That's pretty much because 500 homer level has only recently been "available" to non-ridiculous hitters. It's not impossible for one of the 400 guys to have hit 500 home runs in a better environment.
I also checked out the other 500 men, and only Ernie Banks (122) approaches E-Lo's projected OPS+. That surprised me a little, on both ends; given his still youthful age and current hitting level, I'd take the over on that (as in, a higher average, some more walks, a few more homers).
To me he's the Donovan McNabb of baseball. He could be MVP next year, or he could ride the bench, and neither would be truly surprising.
If "team"="Tampa Bay Rays" and "player"="Zobrist" then "OPS=798".
I think that's how Dan's subjective computer analysis works, right?
Oh, wait, does playing for the Royals still count as time in the majors?
Because there's clearly no other rational explanation.
Though I also wouldn't be surprised to find that jfish26101 does live in a different universe than most of us most of the time ... though clearly they've got way cooler names in that universe.

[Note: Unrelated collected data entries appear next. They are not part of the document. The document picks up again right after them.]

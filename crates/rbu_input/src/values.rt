// The values of rows.
ghost use Rattle.std.specs.Prelude.{◌≡◌, ◌≢◌, ◌⊎◌, IfErr, IfOk, length, slice_index_or};
ghost use Rattle.prepared_spec.specs.declared.input_fault.RecordCause.TheVariants.{ShortRecord};
ghost use Rattle.rbu_value.specs.declared.value.Value.TheVariants.{Null};
ghost use Rattle.database_spec.specs.Rows.{with_rowid as with_rowid_of};
ghost use Rattle.rbu_input.specs.declared.values.Unread.{Unread as AnyUnread};
ghost use Rattle.rbu_input.specs.Layouts.{values_at};
ghost use Rattle.rbu_input.specs.RowAnswers.{HasValues, IsUnread, IsUnreadWant, IsCauseOf};

use prepared_spec::RecordCause;
use rbu_value::{Bytes, Value};
use record_codec::{RecordFault, read_record};
use schema_spec::Table;
use std::alloc::{AllocError, Global};
use tree_walk::Row;

/// Why a record is not read as a row.
#[derive(Debug, Clone, Copy, PartialEq, Eq)]
pub(crate) enum Unread {
    Cause(RecordCause),
    /// There is no memory for the values.
    Memory(AllocError),
}

fn copy_value(alloc: Global, value: &Value) -> Result<Value, AllocError>
    ensures { IfOk result (λ copy. copy ≡ value.now) }
{
    match value {
        Value::Null => Ok(Value::Null),
        Value::Int(z) => Ok(Value::Int(*z)),
        Value::Text(text) => Ok(Value::Text(Bytes::of(alloc, text.as_slice())?)),
        Value::Blob(blob) => Ok(Value::Blob(Bytes::of(alloc, blob.as_slice())?)),
    }
}

/// A copy of the value at a place, which is NULL where there is none.
pub(crate) fn copy_at(alloc: Global, values: &[Value], at: usize) -> Result<Value, AllocError>
    ensures { IfOk result (λ copy. copy ≡ slice_index_or values.now at Null) }
{
    match values.get(at) {
        Some(value) => copy_value(alloc, value),
        None => Ok(Value::Null),
    }
}

/// Copies of the values at places.
pub(crate) fn copy_all(
    alloc: Global,
    values: &[Value],
    places: &[usize],
) -> Result<Vec<Value>, AllocError>
    ensures { IfOk result (λ copies. copies.items ≡ values_at values.now places.now) }
{
    let mut copies = Vec::new(alloc);
    let mut left = places;
    while let [at, rest @ ..] = left {
        let copy = copy_at(alloc, values, *at)?;
        copies.push(copy)?;
        left = rest;
    }
    Ok(copies)
}

// Stored values with the rowid in the place of the INTEGER PRIMARY KEY.
fn with_rowid(mut values: Vec<Value>, column: Option<u32>, row: &Row) -> Vec<Value>
    ensures { result.items ≡ with_rowid_of column row.now.rowid values.items }
{
    if let Some(column) = column {
        let at = column as usize;
        if at < values.len() {
            values[at] = Value::Int(row.rowid);
        }
    }
    values
}

fn cause_of(fault: RecordFault) -> Unread
    ensures { IsCauseOf fault result }
{
    match fault {
        RecordFault::ShortHeader => Unread::Cause(RecordCause::ShortHeader),
        RecordFault::ReservedType => Unread::Cause(RecordCause::ReservedType),
        RecordFault::RealValue => Unread::Cause(RecordCause::RealValue),
        RecordFault::BodyLength => Unread::Cause(RecordCause::BodyLength),
        RecordFault::Memory(error) => Unread::Memory(error),
    }
}

// Values of which there is one for each column.
fn fit(values: Vec<Value>, columns: usize) -> Result<Vec<Value>, Unread>
    ensures found { IfOk result (λ fit. (fit.items ≡ values.items) × (length values.items ≡ columns)) }
    ensures fault { IfErr result (λ fault. (fault ≡ AnyUnread.Cause ShortRecord) × (length values.items ≢ columns)) }
{
    if values.len() == columns {
        return Ok(values);
    }
    Err(Unread::Cause(RecordCause::ShortRecord))
}

/// The values of a row of a table: those of its record, of which there has to be one for each column, and its rowid for an INTEGER PRIMARY KEY.
pub(crate) fn row_values(alloc: Global, own: &Table, row: &Row) -> Result<Vec<Value>, Unread>
    ensures found { IfOk result (λ values. HasValues own.now row.now.rowid row.now.payload values.items) }
    ensures fault { IfErr result (λ fault. IsUnreadWant fault ⊎ IsUnread own.now row.now.payload fault) }
{
    match read_record(alloc, row.payload.as_slice()) {
        Ok(stored) => match fit(stored, own.columns.as_slice().len()) {
            Ok(values) => Ok(with_rowid(values, own.rowid_column, row)),
            Err(unread) => Err(unread),
        },
        Err(fault) => Err(cause_of(fault)),
    }
}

it's not like the human psyche is something you can take a pill and the condition just goes away.
Suicide is painless.
Kind of crazy that Bartlett has one great season in his late 20s, and suddenly there's Barry Larkin and Tony Fernandez on his comp list. Is that ZIPS saying he's no fluke?
ZiPS comps are "recent-season" comps not career comps. So Fernandez makes some sense as from ages 27-29 he was putting up a 100ish OPS+.
But Dan might want to check that the Frinkenator is working right on the Larkin comp because he put up OPS+ of 143, 132, 124 for ages 27-29.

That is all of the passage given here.